Shanghai Chuangzhi College's Liu Fei Team Partners with Sand.ai to Launch China's Pioneering Open-Source 'Human-Centric' Audio-Visual Co-Generation Model
3 day ago / Read about 0 minute
Author:小编   

On March 24, 2026, the research team led by Liu Pengfei from Shanghai Chuangzhi College, in collaboration with Sand.ai, proudly unveiled the open-source release of daVinci-MagiHuman. This groundbreaking model stands as the world's inaugural foundational framework for synchronized audio-visual content generation, distinguished by its profound 'human-centric' comprehension capabilities.

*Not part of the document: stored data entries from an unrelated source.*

//! The room that thin volumes take.

ghost use Rattle.std.specs.Prelude.{◌≡◌, ◌<◌, ◌^◌, List as Items, [], ◌∷◌, map, vec_len};
ghost use Rattle.std.specs.List.{All};
ghost use Rattle.fc_follow.specs.Following.{Followed};
ghost use Rattle.fc_grains.specs.Grains.{IsUnarmed, pool_of};
ghost use Rattle.fc_lane.specs.Lane.{IsFollowing, of};
ghost use Rattle.fc_mdisk.specs.Disk.{DiskState};
ghost use Rattle.fc_rules.specs.LaneFits.{FitsPart};
ghost use Rattle.lane_tests.specs.First.{the_lane};
ghost use Rattle.lane_tests.specs.Thin.{copied, fails, pair, thin, told_thin};

use crate::lanes::{done, is_fault, new_lane};
use fc_base::decision::{LaneEvent, LaneEvents};
use fc_base::disk::DiskKind;
use fc_base::ids::{GrainNo, MapId, VolId};
use fc_base::list::List;
use fc_base::request::{Pair, Reply, WritePart};
use fc_entry::entry::Entry;
use fc_lane::lane::Lane;
use fc_mdisk::mdisk::Mdisk;
use fc_mdisk::thin::ThinDisk;
use std::alloc::Global;
use std::process::Abort;
use std::test::Fail;

/// The events of the two volumes.
fn thin_volumes(rt: &impl Abort, alloc: Global) -> LaneEvents
    ensures { result ≡ thin }
{
    let mut events = LaneEvents::new(alloc);
    let first = LaneEvent::Make {
        volume: VolId(0),
        grains: 2,
        kind: DiskKind::Thin,
    };
    events.push(first).expect(rt, "memory");
    let second = LaneEvent::Make {
        volume: VolId(1),
        grains: 2,
        kind: DiskKind::Thin,
    };
    events.push(second).expect(rt, "memory");
    events
}

/// The pair of the copy.
fn pairs(rt: &impl Abort, alloc: Global) -> List<Pair>
    ensures { result ≡ pair ∷ [] }
{
    let mut pairs = List::new(alloc);
    let pair = Pair {
        map: MapId(0),
        source: VolId(0),
        target: VolId(1),
        incremental: false,
    };
    pairs.push(pair).expect(rt, "memory");
    pairs
}

/// The event by which the second volume becomes a copy of the first.
fn copy(rt: &impl Abort, alloc: Global) -> LaneEvents
    ensures { result ≡ copied }
{
    let mut events = LaneEvents::new(alloc);
    let event = LaneEvent::Trigger {
        pairs: pairs(rt, alloc),
    };
    events.push(event).expect(rt, "memory");
    events
}

/// The event by which the second call of the second volume's disk is to fail.
fn fault(rt: &impl Abort, alloc: Global) -> LaneEvents
    ensures { result ≡ fails }
{
    let mut events = LaneEvents::new(alloc);
    let event = LaneEvent::Arm {
        volume: VolId(1),
        grain: GrainNo(0),
        calls: 2,
    };
    events.push(event).expect(rt, "memory");
    events
}

/// A lane with the two volumes.
fn lane_over<D: Mdisk>(rt: &impl Abort, alloc: Global, disks: Vec<D>) -> Lane<D>
    requires few { vec_len disks < 2 ^ 30 }
    requires unarmed { All IsUnarmed (map D.meaning disks.items) }
    requires thin { 1 < (pool_of (map D.meaning disks.items)).thin }
    ensures of { of result ≡ the_lane }
    ensures stands { (disks : Items DiskState) × IsFollowing result (told_thin disks) }
{
    let mut lane = new_lane(rt, alloc, disks);
    let events = thin_volumes(rt, alloc);
    done(rt, &mut lane, &events);
    lane
}

/// Writes the first block of a volume.
fn write_block<D: Mdisk>(rt: &impl Abort, alloc: Global, lane: &mut Lane<D>, volume: VolId) -> Entry
    requires of { of lane.old ≡ the_lane }
    requires fit { (f : Followed) × IsFollowing lane.old f × FitsPart the_lane f.told volume 0 1 }
{
    lane.make_room(alloc).expect(rt, "memory");
    let part = WritePart {
        volume,
        block: 0,
        count: 1,
        byte: 7,
    };
    lane.write(alloc, 0, 0, part)
}

/// How many grains of each of the two volumes occupy memory.
fn rooms<D: Mdisk>(lane: &Lane<D>) -> (u32, u32) {
    (lane.room(VolId(0)), lane.room(VolId(1)))
}

/// Whether a write was done.
fn is_done(entry: &Entry) -> bool {
    match &entry.reply {
        Reply::Done => true,
        _ => false,
    }
}

#[test]
fn a_write_takes_room_for_its_grain(rt: HostRuntime) -> Result<(), Fail> {
    let alloc = rt.alloc();
    let disks = vec![in alloc; ThinDisk::new(alloc), ThinDisk::new(alloc)]?;
    let mut lane = lane_over(&rt, alloc, disks);
    assert_eq!(rt; rooms(&lane), (0, 0));
    let entry = write_block(&rt, alloc, &mut lane, VolId(1));
    assert!(rt; is_done(&entry));
    assert_eq!(rt; rooms(&lane), (0, 1));
    Ok(())
}

#[test]
fn a_move_takes_room_for_its_grain(rt: HostRuntime) -> Result<(), Fail> {
    let alloc = rt.alloc();
    let disks = vec![in alloc; ThinDisk::new(alloc), ThinDisk::new(alloc)]?;
    let mut lane = lane_over(&rt, alloc, disks);
    let events = copy(&rt, alloc);
    done(&rt, &mut lane, &events);
    assert_eq!(rt; rooms(&lane), (0, 0));
    let entry = write_block(&rt, alloc, &mut lane, VolId(0));
    assert!(rt; is_done(&entry));
    assert_eq!(rt; rooms(&lane), (1, 1));
    Ok(())
}

#[test]
fn a_failed_write_takes_room_too(rt: HostRuntime) -> Result<(), Fail> {
    let alloc = rt.alloc();
    let disks = vec![in alloc; ThinDisk::new(alloc), ThinDisk::new(alloc)]?;
    let mut lane = lane_over(&rt, alloc, disks);
    let events = fault(&rt, alloc);
    done(&rt, &mut lane, &events);
    let entry = write_block(&rt, alloc, &mut lane, VolId(1));
    assert!(rt; is_fault(&entry));
    assert_eq!(rt; rooms(&lane), (0, 1));
    Ok(())
}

Leveraging a sophisticated 15-billion-parameter single-stream Transformer architecture, the model achieves seamless integration of text, video, and audio elements through a streamlined self-attention mechanism, eschewing the need for cross-attention or modal-specific branches. This innovative approach effectively tackles prevalent challenges such as audio-visual synchronization issues, intricate system designs, and sluggish generation rates. Notably, the model facilitates multilingual audio-visual content creation and boasts near-instantaneous generation capabilities on standard consumer-grade GPUs. The complete suite of model weights and inference code is now freely accessible on both GitHub and Hugging Face platforms, inviting collaboration and exploration from the global research community.